** Records follows **

ghost use Rattle.std.specs.Prelude.{◌≡◌, ◌<◌, ◌≤◌, ◌↔◌, IsSome, IfSome, IfOk, All, map, position, length, option_copied, option_map, unwrap_or};
ghost use Rattle.std.specs.Bool.{OnTrue};
ghost use Rattle.std.specs.Borrow.{sem};
ghost use Rattle.mpm_banks.specs.Ranges.{range_from};
ghost use Rattle.mpm_banks.specs.Allocations.{new_segment, fits, freed};

use crate::OutOfMemory;
use crate::burst::Burst;
use crate::bytes::Bytes;
use crate::range::{COMMON_BASE, Range, Space};
use crate::segment::{Allocation, Segment};
use crate::window::Window;
use mpm_base::{Devices, Pid, Seg, SegmentSpec};
use std::alloc::Global;
use std::marker::Model;
use z80_regs::Regs;

/// How many bytes it has.
const COMMON_SIZE: usize = 16_384;

/// The memory of a machine: its segments, and 16,384 bytes of common memory from C000h on.
#[derive(Drop)]
pub struct Banks {
    segments: Vec<Segment>,
    common: Bytes,
}

impl Model for Banks {
    ghost use Rattle.mpm_banks.specs.Memory.{Memory, IsMemory};

    ghost Value = { Memory };

    ghost view = { λ banks. record { segments = banks.segments.items; common = banks.common } };

    ghost invariant = { λ banks. IsMemory (record { segments = banks.segments.items; common = banks.common }) };
}

impl Banks {
    ghost use Rattle.z80_regs.specs.Words.{word_from};
    ghost use Rattle.mpm_banks.specs.Stretches.{byte_among};
    ghost use Rattle.mpm_banks.specs.Memory.{IsMemory, HasSegment, segment_of, byte_at, with_byte};
    ghost use Rattle.mpm_banks.specs.Allocations.{FitsBelowCommon, new_memory, spec_of, lowest_free, allocated, reserved, is_reserved, released, all_released, occupied, vacated};
    ghost use Rattle.mpm_banks.specs.Ranges.{range_of, range_size, range_bytes, IsInsideMemory};
    ghost use Rattle.mpm_banks.specs.Windows.{LendsMemory, LendsWindow, IsWindow};
    ghost use Rattle.mpm_banks.specs.Sides.{with_sides, reach_of};

    /// Memory of 1 to 16 segments, all of them free, each of at least one page and below page C0h. All bytes are 0.
    #[tactic(auto, using(crate::proofs::SegmentLaws::new_is_memory), unfolding(crate::specs::Allocations::new_memory))]
    pub fn new(alloc: Global, specs: &[SegmentSpec]) -> Result<Banks, OutOfMemory>
        requires count { (1 ≤ length specs.now) × (length specs.now ≤ 16) }
        requires fit { All FitsBelowCommon specs.now }
        ensures { IfOk result (λ banks. banks ≡ new_memory specs.now) }
    {
        let segments = new_segments(alloc, specs)?;
        let common = Bytes::zeros(alloc, COMMON_SIZE)?;
        Ok(Banks { segments, common })
    }

    /// How many segments there are, 1 to 16.
    pub fn segments(&self) -> u8
        ensures value { result ≡ length self.now.segments }
        ensures whole { IsMemory self.now }
    {
        self.segments.len() as u8
    }

    /// Where a segment lies.
    pub fn spec(&self, seg: Seg) -> SegmentSpec
        requires { HasSegment self.now seg }
        ensures value { result ≡ spec_of self.now seg }
        ensures whole { IsMemory self.now }
    {
        self.segments[usize::from(seg.0)].spec()
    }

    /// Reserves the lowest free segment of at least `pages` pages, and of that base page where one is given. None comes
    /// exactly where there is none. (MP/M II Programmer's Guide, "Function 128: Absolute Memory Request", "Function 129:
    /// Relocatable Memory Request".)
    #[tactic(auto, unfolding(crate::specs::Allocations::reserved))]
    pub fn reserve(&mut self, owner: Pid, base: Option<u8>, pages: u8) -> Option<Seg>
        ensures found { result ≡ lowest_free self.old base pages }
        ensures after { self.new ≡ reserved self.old owner (lowest_free self.old base pages) }
    {
        let seg = self.lowest_free(base, pages)?;
        self.allocate(seg, Allocation::Reserved(owner));
        Some(seg)
    }

    /// Gives back a segment that the process reserved; false exactly where it didn't, and then nothing changes. (MP/M II
    /// Programmer's Guide, "Function 130: Memory Free".)
    #[tactic(auto, unfolding(crate::specs::Allocations::released))]
    pub fn release(&mut self, owner: Pid, seg: Seg) -> bool
        ensures answer { result ≡ is_reserved self.old owner seg }
        ensures after { self.new ≡ released self.old owner seg }
    {
        if !self.is_reserved(owner, seg) {
            return false;
        }
        self.vacate(seg);
        true
    }

    /// Gives back all segments that the process reserved.
    #[tactic(auto, using(crate::proofs::SegmentLaws::all_released_is_memory), unfolding(crate::specs::Allocations::all_released))]
    pub fn release_all(&mut self, owner: Pid)
        ensures { self.new ≡ all_released self.old owner }
    {
        release_each(self.segments.as_mut_slice(), owner);
    }

    /// A process lives in the segment from now on, and nobody has reserved it.
    pub fn occupy(&mut self, seg: Seg)
        requires { HasSegment self.old seg }
        ensures { self.new ≡ occupied self.old seg }
    {
        self.allocate(seg, Allocation::Occupied);
    }

    /// The segment is free.
    pub fn vacate(&mut self, seg: Seg)
        requires { HasSegment self.old seg }
        ensures { self.new ≡ vacated self.old seg }
    {
        self.allocate(seg, Allocation::Free);
    }

    /// The lowest free segment of at least so many pages, and of that base page where one is given.
    #[tactic(auto, unfolding(crate::specs::Allocations::lowest_free))]
    fn lowest_free(&self, base: Option<u8>, pages: u8) -> Option<Seg>
        ensures value { result ≡ lowest_free self.now base pages }
        ensures there { IfSome result (λ seg. HasSegment self.now seg) }
    {
        let index = first_fit(self.segments.as_slice(), base, pages)?;
        Some(Seg(index as u8))
    }

    /// Puts a segment into other hands.
    #[tactic(auto, unfolding(crate::specs::Allocations::allocated))]
    fn allocate(&mut self, seg: Seg, allocation: Allocation)
        requires { HasSegment self.old seg }
        ensures { self.new ≡ allocated self.old seg allocation }
    {
        self.segments[usize::from(seg.0)].allocation = allocation;
    }

    /// Whether the process reserved the segment.
    #[tactic(auto, unfolding(crate::specs::Allocations::is_reserved))]
    fn is_reserved(&self, owner: Pid, seg: Seg) -> bool
        ensures answer { result ≡ is_reserved self.now owner seg }
        ensures there { OnTrue result (HasSegment self.now seg) }
    {
        match self.segments.get(usize::from(seg.0)) {
            Some(segment) => segment.allocation == Allocation::Reserved(owner),
            None => false,
        }
    }

    /// The byte that the process of a segment reads at an address.
    #[inline(always)]
    #[tactic(auto, unfolding(crate::specs::Memory::place_of, crate::specs::Memory::byte_at))]
    pub fn byte(&self, seg: Seg, address: u16) -> u8
        ensures { result ≡ byte_at self.now seg address }
    {
        if let Some(segment) = self.segments.get(usize::from(seg.0)) {
            if let Some(byte) = segment.byte(address) {
                return byte;
            }
        }
        self.byte_outside(address)
    }

    /// The byte that a process reads at an address outside its segment.
    #[cold]
    #[inline(never)]
    fn byte_outside(&self, address: u16) -> u8
        ensures { result ≡ unwrap_or (byte_among 49152 self.now.common address) 255 }
    {
        if address < COMMON_BASE {
            0xFF
        } else {
            self.common.at(usize::from(address - COMMON_BASE))
        }
    }

    /// The word that the process of a segment reads at an address, low byte first. Where both its bytes lie in the segment it takes
    /// one look.
    #[inline(always)]
    #[tactic(auto, unfolding(crate::specs::Memory::place_of, crate::specs::Memory::byte_at))]
    pub fn word(&self, seg: Seg, address: u16) -> u16
        ensures { result ≡ word_from (byte_at self.now seg) address }
    {
        if let Some(segment) = self.segments.get(usize::from(seg.0)) {
            if let Some(word) = segment.word(address) {
                return word;
            }
        }
        self.word_apart(seg, address)
    }

    /// The word that a process reads at an address, byte by byte: they may lie anywhere.
    #[cold]
    #[inline(never)]
    fn word_apart(&self, seg: Seg, address: u16) -> u16
        ensures { result ≡ word_from (byte_at self.now seg) address }
    {
        u16::from_le_bytes([
            self.byte(seg, address),
            self.byte(seg, address.wrapping_add(1)),
        ])
    }

    /// Writes the byte that an address names for the process of a segment; it is lost where the address names none.
    #[inline(always)]
    #[tactic(auto, unfolding(crate::specs::Memory::place_of, crate::specs::Memory::with_byte))]
    pub fn put(&mut self, seg: Seg, address: u16, value: u8)
        ensures { self.new ≡ with_byte self.old seg address value }
    {
        if let Some(segment) = self.segments.get_mut(usize::from(seg.0)) {
            if segment.put(address, value) {
                return;
            }
        }
        if address >= COMMON_BASE {
            self.common.set(usize::from(address - COMMON_BASE), value);
        }
    }

    /// Lends `size` bytes (at least 1) from an address on, as the process of a segment names them. None comes exactly
    /// where they don't lie wholly in the segment or wholly in common memory.
    pub fn window(&mut self, seg: Seg, address: u16, size: u16) -> Option<Window>
        requires { 0 < size }
        ensures* lends { sem 𝓛 (LendsWindow self.entry result) }
        ensures exactly { IsSome result ↔ IsSome (range_of self.old seg address size) }
        ensures value { IfSome result (λ window. IsWindow self.entry seg address size window) }
    {
        let range = self.range(seg, address, size)?;
        Some(Window { banks: self, range })
    }

    /// `size` bytes (at least 1) from an address on, as the process of a segment names them. None comes exactly where
    /// they don't lie wholly in the segment or wholly in common memory.
    pub fn view(&self, seg: Seg, address: u16, size: u16) -> Option<&[u8]>
        requires { 0 < size }
        ensures { option_copied result ≡ option_map (range_bytes self.now) (range_of self.now seg address size) }
    {
        let range = self.range(seg, address, size)?;
        Some(self.range_at(range))
    }

    /// Does a burst of what a process does, over its segment and common memory.
    #[inline]
    #[tactic(auto, using(crate::proofs::SideLaws::with_range_whole, crate::proofs::SideLaws::sides_are_memory))]
    pub fn run<B: Burst>(
        &mut self,
        burst: &B,
        seg: Seg,
        regs: &mut Regs,
        devices: &mut Devices,
    ) -> u64
        requires { HasSegment self.old seg }
        ensures ran { B.ran burst.now regs.old (reach_of self.old seg) devices.old result regs.new (reach_of self.new seg) devices.new }
        ensures others { self.new ≡ with_sides self.old seg (segment_of self.new seg).bytes self.new.common }
    {
        let segment = &mut self.segments[usize::from(seg.0)];
        let spec = segment.spec();
        let bytes = segment.bytes.all_mut();
        burst.run(spec, regs, bytes, self.common.all_mut(), devices)
    }

    /// The range that `size` addresses from one on name for the process of a segment.
    #[tactic(auto, unfolding(crate::specs::Ranges::range_of, crate::specs::Ranges::IsInsideMemory, crate::specs::Ranges::range_size))]
    fn range(&self, seg: Seg, address: u16, size: u16) -> Option<Range>
        requires { 0 < size }
        ensures value { result ≡ range_of self.now seg address size }
        ensures inside { IfSome result (λ range. IsInsideMemory self.now range) }
        ensures size { IfSome result (λ range. range_size range ≡ size) }
    {
        if address >= COMMON_BASE {
            common_range(address, size)
        } else {
            self.segments
                .get(usize::from(seg.0))?
                .range(seg, address, size)
        }
    }

    /// The bytes of a range.
    #[tactic(auto, unfolding(crate::specs::Ranges::IsInsideMemory, crate::specs::Ranges::range_bytes))]
    fn range_at(&self, range: Range) -> &[u8]
        requires { IsInsideMemory self.now range }
        ensures { result.now ≡ range_bytes self.now range }
    {
        match range.space {
            Space::Common => self.common.range(range.from, range.to),
            Space::InSegment(seg) => self.segments[usize::from(seg)]
                .bytes
                .range(range.from, range.to),
        }
    }

    /// Lends the bytes of a range.
    #[tactic(auto, unfolding(crate::specs::Ranges::IsInsideMemory, crate::specs::Ranges::put_range, crate::specs::Ranges::range_bytes, crate::specs::Ranges::range_size))]
    pub(crate) fn range_mut(&mut self, range: Range) -> &mut [u8]
        requires { IsInsideMemory self.old range }
        ensures* lends { sem 𝓛 (LendsMemory self.entry range result) }
        ensures value { result.now ≡ range_bytes self.old range }
        ensures size { length result.now ≡ range_size range }
    {
        match range.space {
            Space::Common => self.common.range_mut(range.from, range.to),
            Space::InSegment(seg) => self.segments[usize::from(seg)]
                .bytes
                .range_mut(range.from, range.to),
        }
    }
}

/// The first of some segments that is free, of at least so many pages, and of that base page where one is given.
fn first_fit(segments: &[Segment], base: Option<u8>, pages: u8) -> Option<usize>
    ensures value { result ≡ position (fits base pages) segments.now }
    ensures below { IfSome result (λ index. index < length segments.now) }
{
    segments
        .iter()
        .position(|segment| segment.fits(base, pages))
}

/// Gives back each of some segments that the process reserved.
fn release_each(segments: &mut [Segment], owner: Pid)
    ensures { segments.new ≡ map (freed owner) segments.old }
{
    for segment in segments.iter_mut() {
        segment.release(owner);
    }
}

/// A free segment for each of some specs.
fn new_segments(alloc: Global, specs: &[SegmentSpec]) -> Result<Vec<Segment>, OutOfMemory>
    requires { length specs.now ≤ 16 }
    ensures { IfOk result (λ segments. segments.items ≡ map new_segment specs.now) }
{
    let mut segments = Vec::with_capacity(alloc, specs.len())?;
    for spec in specs {
        segments.push(Segment::new(alloc, *spec)?)?;
    }
    Ok(segments)
}

/// The range that `size` addresses from one on name in common memory; none where they pass FFFFh.
fn common_range(address: u16, size: u16) -> Option<Range>
    requires { 49152 ≤ address }
    ensures { result ≡ range_from Space.Common 49152 65536 address size }
{
    let from = usize::from(address - COMMON_BASE);
    let to = from + usize::from(size);
    if COMMON_SIZE < to {
        return None;
    }
    Some(Range {
        space: Space::Common,
        from,
        to,
    })
}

** End of Records **

Using the listing above, return word for word each line from the one that has "let index = first_fit(self.segments.as_slice(), base, pages)?;" through the one that has "pub fn byte(&self, seg: Seg, address: u16)", and no line outside that range.

        let index = first_fit(self.segments.as_slice(), base, pages)?;
        Some(Seg(index as u8))
    }

    /// Puts a segment into other hands.
    #[tactic(auto, unfolding(crate::specs::Allocations::allocated))]
    fn allocate(&mut self, seg: Seg, allocation: Allocation)
        requires { HasSegment self.old seg }
        ensures { self.new ≡ allocated self.old seg allocation }
    {
        self.segments[usize::from(seg.0)].allocation = allocation;
    }

    /// Whether the process reserved the segment.
    #[tactic(auto, unfolding(crate::specs::Allocations::is_reserved))]
    fn is_reserved(&self, owner: Pid, seg: Seg) -> bool
        ensures answer { result ≡ is_reserved self.now owner seg }
        ensures there { OnTrue result (HasSegment self.now seg) }
    {
        match self.segments.get(usize::from(seg.0)) {
            Some(segment) => segment.allocation == Allocation::Reserved(owner),
            None => false,
        }
    }

    /// The byte that the process of a segment reads at an address.
    #[inline(always)]
    #[tactic(auto, unfolding(crate::specs::Memory::place_of, crate::specs::Memory::byte_at))]
    pub fn byte(&self, seg: Seg, address: u16) -> u8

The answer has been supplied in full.